You may remember the “teddy bear blasphemy case” back in 2007 which dominated the news for some time. A British teacher in a Sudanese junior school invited her class to vote on what name to give the class teddy bear. It all escalated somewhat: she was arrested and that Friday after prayers a mob of 10,000 men streamed through Khartoum demanding her execution. The law had sentenced her to a mere fifteen days in jail, but the crowd thought that this was intolerable leniency. After considerable pressure from the British government the teacher was released and repatriated.

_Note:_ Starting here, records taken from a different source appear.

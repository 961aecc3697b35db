// A description read.
ghost use Rattle.std.specs.Prelude.{◌≡◌};
ghost use Rattle.description.specs.Figures.{quarter_described};

use crate::draft::{Draft, Quarter};
use crate::problem::Problem;

pub fn read(text: &[u8]) -> Result<Quarter, Problem>
    ensures { result ≡ quarter_described text.now }
{
    let mut draft = Draft::default();
    for (index, line) in text.split(|byte| *byte == b'\n').enumerate() {
        draft.enter_line(index + 1, line)?;
    }
    draft.quarter()
}
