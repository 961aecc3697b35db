// A number that may be given once.
ghost use Rattle.std.specs.Prelude.{◌≡◌};
ghost use Rattle.description.specs.Group.{given_once};

use crate::problem::Fault;

pub(crate) fn given(before: Option<i32>, number: i32) -> Result<Option<i32>, Fault>
    ensures { result ≡ given_once before number }
{
    match before {
        None => Ok(Some(number)),
        Some(_) => Err(Fault::Repeated),
    }
}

Now, no one, at least no one sensible, is saying that we should deliberately antagonise people’s deeply held cultural and religious beliefs. Provocations are unwise. But at the same time, we have to ask ourselves, what sort of a country is it that seems so keen on the death penalty for perceived insults to its religion? It is perfectly true that there are many people in America and Britain who believe that certain people deserve the death penalty (something I deplore, by the way), but this is not quite the same as what happened in Sudan back in 2007. And not only in Sudan, and not only in 2007. Back in February 1989 mobs gathered in Britain itself to burn a book and demand the execution of its author.
To want to kill people who annoy you is intemperate. These feelings of anger need to be brought under control; expression of such feelings should never be encouraged. Yet, disgracefully, there were very few to stand up for Mr Rushdie back in 1989.
Sudan, having revealed its true character in the teddy bear case, has now done the same thing once more in the case of Meriam Yehya Ibrahim, the pregnant women condemned to death for apostasy. Amnesty International is supporting her case, and as she is pregnant, and the sentence cannot be carried out just yet, there is a chance that international pressure can be brought to bear; and, one hopes, internal pressure as well.
It is important to understand the reasoning of the Sudanese law in this matter. Meriam is, they say, a Muslim. Her father was Muslim, ergo she is Muslim. She is a professing Orthodox Christian, and has never been a professing Muslim, as she has told us, and we should have no difficulty believing. So, we have the clash of two world views here: religion as something you inherit, like ethnicity, versus religion as a belief system you freely profess. Incidentally, on these grounds President Obama himself ought to be indicted for apostasy as he is the child of a Muslim father, just like Meriam, and thus “ought” to be considered Muslim.
Here in the West religious identity is a matter of personal choice. Now, it is perfectly true that when someone leaves the Catholic Church, through a formal act of defection, they incur a penalty in canon law, that of excommunication, thorough which they lose all the rights and privileges that they once enjoyed as Catholics. Such a penalty is only incurred under certain conditions, though – it does not apply to children under the age of fourteen. Hence, another American politician, Mrs Palin, was brought up Catholic, but joined a Protestant church as a child: she is not under the penalty of excommunication. Even if she were, as an ex-member of the Church, it is hard to see what difference it would make to her in practical terms.
Meriam’s case tells us a great deal about the Muslim mindset as it exists in Sudan today. Clearly the Muslims feel that they are under siege. They imagine slights when none are intended, as in the teddy bear case, and apostasy where none has taken place. But even if Meriam had apostatised, that is turned from Islam to Christianity, even then, any non-religious sanction against her would be utterly outrageous.
In the end, the Sudanese need to change. They need to recognise that the rights of conscience are sovereign, and that the rights of conscience trump every legal system (as the Catholic Church teaches, and not only the Catholic Church.) If they did so, I am sure Sudan would be a happier country. Meanwhile, let us pray sanity may prevail, and let us pray for Meriam, her safety and that of her child. And let us all keep away from Sudan.